Comme ailleurs dans le monde, depuis les années 2000, la numérisation de la société civile bulgare est en marche. Elle s’est notamment matérialisée par l’ouverture sur les réseaux sociaux de comptes électroniques dont les titulaires sont surtout des jeunes et des actifs. Puis, au cours de la seconde moitié des années 2010, certains de ces internautes, interagissant avec leur environnement numérique de manière croissante à l’aide de messages, d’images, de photos ou de vidéos, sont devenus si influents qu’ils ont acquis le statut de leaders d’opinion auprès d’une communauté d’abonnés qui en viennent à modifier leurs comportements sociaux, d’usagers ou de consommateurs.
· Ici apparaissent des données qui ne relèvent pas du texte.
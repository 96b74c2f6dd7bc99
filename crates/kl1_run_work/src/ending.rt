// How a shoen stands once its run is over.

/// How a shoen stands once its run is over.
#[derive(Clone, Copy)]
pub enum Ending {
    /// It terminated, and reported no exception.
    Terminated,
    /// It terminated, or no goal can step, and it reported exceptions.
    Raised,
    /// It reported no exception, no goal can step, and this many in it and below it wait for ever.
    Waits(u64),
    /// It was charged all of its allowance.
    Exhausted,
    /// Goals can step, but all steps of the run are done, or the journal is full.
    Unfinished,
}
On peut tenter d’établir les profils types de ces internautes bulgares (ou d’origine bulgare) qui bénéficient d’une grande visibilité et des meilleures audiences numériques sur les principaux réseaux sociaux (Facebook, Youtube, Instagram ou TikTok).
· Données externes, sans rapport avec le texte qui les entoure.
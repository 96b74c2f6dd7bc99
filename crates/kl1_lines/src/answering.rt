// Records that are answered, and what is written for them.

ghost use Rattle.std.specs.Prelude.{◌≡◌, ◌++◌, ◌-◌, ◌≤◌, IsErrOf};
ghost use Rattle.std.specs.Io.KnownBytes.{Appends};
ghost use Rattle.kl1_lines.specs.Replies.{Ends, Finishes, Stops, Written, all_of, front_of};
ghost use Rattle.kl1_lines.specs.declared.script_fault.ScriptFault.TheVariants as faults;

use crate::output::{finish, pass_on, write_all};
use crate::replies::{NextReply, Replies};
use crate::script_fault::ScriptFault;
use crate::sink::Sink;
use std::alloc::Global;

/// Does all records, and writes what is written for them. At most 65,535 bytes and one reply wait. If memory is refused, the replies
/// to the records that are done are written, and no byte more.
pub fn answer_all<T: Replies, W: Sink>(
    alloc: Global,
    replies: &mut T,
    sink: &mut W,
) -> Result<(), ScriptFault>
    requires { T.can_put replies.old }
    ensures ends { (w : Written) → T.writes replies.old w → Ends (W.contents sink.old) (W.contents sink.new) (W.failures sink.old) (W.failures sink.new) (all_of w) w.each result }
    ensures memory { IsErrOf result faults.Memory → (w : Written) → T.writes replies.old w → Appends (W.contents sink.old) (W.contents sink.new) (front_of (T.left replies.old - T.left replies.new) w.each) }
    ensures left { T.left replies.new ≤ T.left replies.old }
{
    let mut out = Vec::new(alloc);
    'records: loop {
        match replies.put_next(&mut out) {
            Ok(NextReply::Put) => match pass_on(sink, &mut out) {
                Ok(()) => {}
                Err(_) => return Err(ScriptFault::Write),
            },
            Ok(NextReply::Last(last)) => return finish_with(sink, out.as_slice(), last.as_slice()),
            Err(_) => return Err(stop(sink, out.as_slice())),
        }
    }
}

/// Writes the bytes that wait, and then the last bytes.
pub fn finish_with<W: Sink>(sink: &mut W, waiting: &[u8], last: &[u8]) -> Result<(), ScriptFault>
    ensures { Finishes (W.contents sink.old) (W.contents sink.new) (W.failures sink.old) (W.failures sink.new) (waiting.now ++ last.now) result }
{
    match write_all(sink, waiting) {
        Ok(()) => match finish(sink, last) {
            Ok(()) => Ok(()),
            Err(_) => Err(ScriptFault::Write),
        },
        Err(_) => Err(ScriptFault::Write),
    }
}

/// Writes the last bytes if memory was refused, and answers that, or that the write failed.
fn stop<W: Sink>(sink: &mut W, last: &[u8]) -> ScriptFault
    ensures { Stops (W.contents sink.old) (W.contents sink.new) (W.failures sink.old) (W.failures sink.new) last.now result }
{
    match finish(sink, last) {
        Ok(()) => ScriptFault::Memory,
        Err(_) => ScriptFault::Write,
    }
}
L’adaptation des leaders d’opinion traditionnels aux réseaux sociaux
Les personnalités et les professionnels bulgares traditionnellement les plus influents dans l’opinion avant l’arrivée des médias modernes se sont adaptés aux réseaux sociaux et ont appris à les utiliser afin d’améliorer leur communication auprès de leur public. Les acteurs sociaux qui ont les premiers réussi à prendre ce tournant appartiennent à l’intelligentsia bulgare : hommes et femmes politiques, journalistes et commentateurs de la vie politique, sociale ou économique, intellectuels ou encore sportifs (sachant que le sport et ses valeurs étaient fréquemment utilisés par la propagande socialiste dans les pays d’Europe de l’Est)(1). Nombre d’entre eux ont ainsi réussi à transposer leur renommée et leur influence depuis les médias traditionnels vers l’univers 2.0 des réseaux sociaux. Progressivement, ils se sont créé une communauté significative d’abonnés, qu’ils ont utilisée comme relai de communication. Internet étant alors essentiellement fréquenté par les générations les plus jeunes et les actifs, ce sont ces citoyens que l’intelligentsia a d’abord cherché principalement à influencer via ces nouveaux outils. En la matière, la dichotomie avec la génération des anciens reste assez prégnante en Bulgarie. Les leaders d’opinion les atteignent donc en empruntant des canaux d’information plus classiques (télévision, radio, livres, revues, journaux…)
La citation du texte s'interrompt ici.